User-defined types, such as strings, date, complex, consortium, and files often overload binary operators to achieve access, additional or merge mechanisms. But to properly implement operators will bring a certain challenge to design, implementation, and performance. This article summarizes how to select the correct policy to overload this operator for the user-defined type. Consider the following expression: int x = 4 2;
Built-in operators have two types of operands, add and return right value 6, and then assigned to X. We can determine the built-in is a binary, symmetrical, can be exchangeable. The type of result is the same as its operand type. According to this rule, when you define a type overload operator for a user, you should follow the characteristics of the corresponding internal operator.
Define type overload operators for users is a common programming task.
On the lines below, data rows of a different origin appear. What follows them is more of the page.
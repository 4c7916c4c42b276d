#![tactic(auto)]
// A line of a script: its words, and a poke of the state in a slot.
pub mod pokes;
pub mod words;
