//! The outside of the program: where files come from, where text goes, and who may watch a node's turns.
//!
//! It gives upward: an answer has its cause, since files and sinks count their faults, and a fault comes
//! only where the count rose. Bytes are told where they can be, as in memory, and left untold at the
//! edge of the system. It knows nothing of the railway but the numbers of nodes and words.
#![tactic(auto)]

pub mod dir_files;
mod failed;
pub mod files;
pub mod gate;
pub mod mem_files;
pub mod mem_sink;
pub mod sink;
pub mod std_sink;

pub use dir_files::DirFiles;
pub use files::{Fetch, Files};
pub use gate::{Gate, OpenGate};
pub use mem_files::MemFiles;
pub use mem_sink::MemSink;
pub use sink::{Sink, SinkFault, put_all};
pub use std_sink::{StdSink, WriterSink};

#[cfg(test)]
mod tests;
Although C provides several implementation methods, they easily produce misunderstandings, this misunderstanding often affects the correctness, performance of the code, and compatibility with standard library components. Let's analyze the characteristics of the internal operator and try to imitate its corresponding overload mechanism.
Step 1: Select between member functions and non-member functions
You can implement binary operators such as , - and ==, for example:
Class string {public: BOOL Operator == (const string & s); // Compare * this and s};
This method is problematic. Relative to its built-in operator, the overloaded operator does not have symmetry here; its two parameters are: const string * const (this parameter is implicit), and the other is: CONST STRING &. Therefore, some STL algorithms and containers will not properly handle such objects.
Another alternative method is to define the overload operator as an external (extern) function, which is the same parameter as two types:
String Operator (Const String & S1, Const String S2);
In this way, class string must declare the overload operator as a friend:
Class string {public: Friend String Operator (Const String & S1, Const String & S2);
Step 2: Two difficulties for return values
As mentioned earlier, the built-in operator returns the right value, the type is the same as the number of operands. But especially if you return an object efficiency in the caller stack, especially when processing large objects. So can you return a pointer or a reference? The answer is not. Because the return pointer destroy parameter type and the return value type should be the same rule. Worse, link multiple expressions will become impossible:
String S1, S2, S3; STRING RES; RES = S1 S2 S3; // It is not possible to use string * as return value
Although there is an approach to define an additional operator overload version, this method is that we don't want to use because the returned pointer must point to the dynamically assigned object. In this case, if the pointer returned by the caller release fails, the memory leak will result. Obviously, returning String * is not a good idea.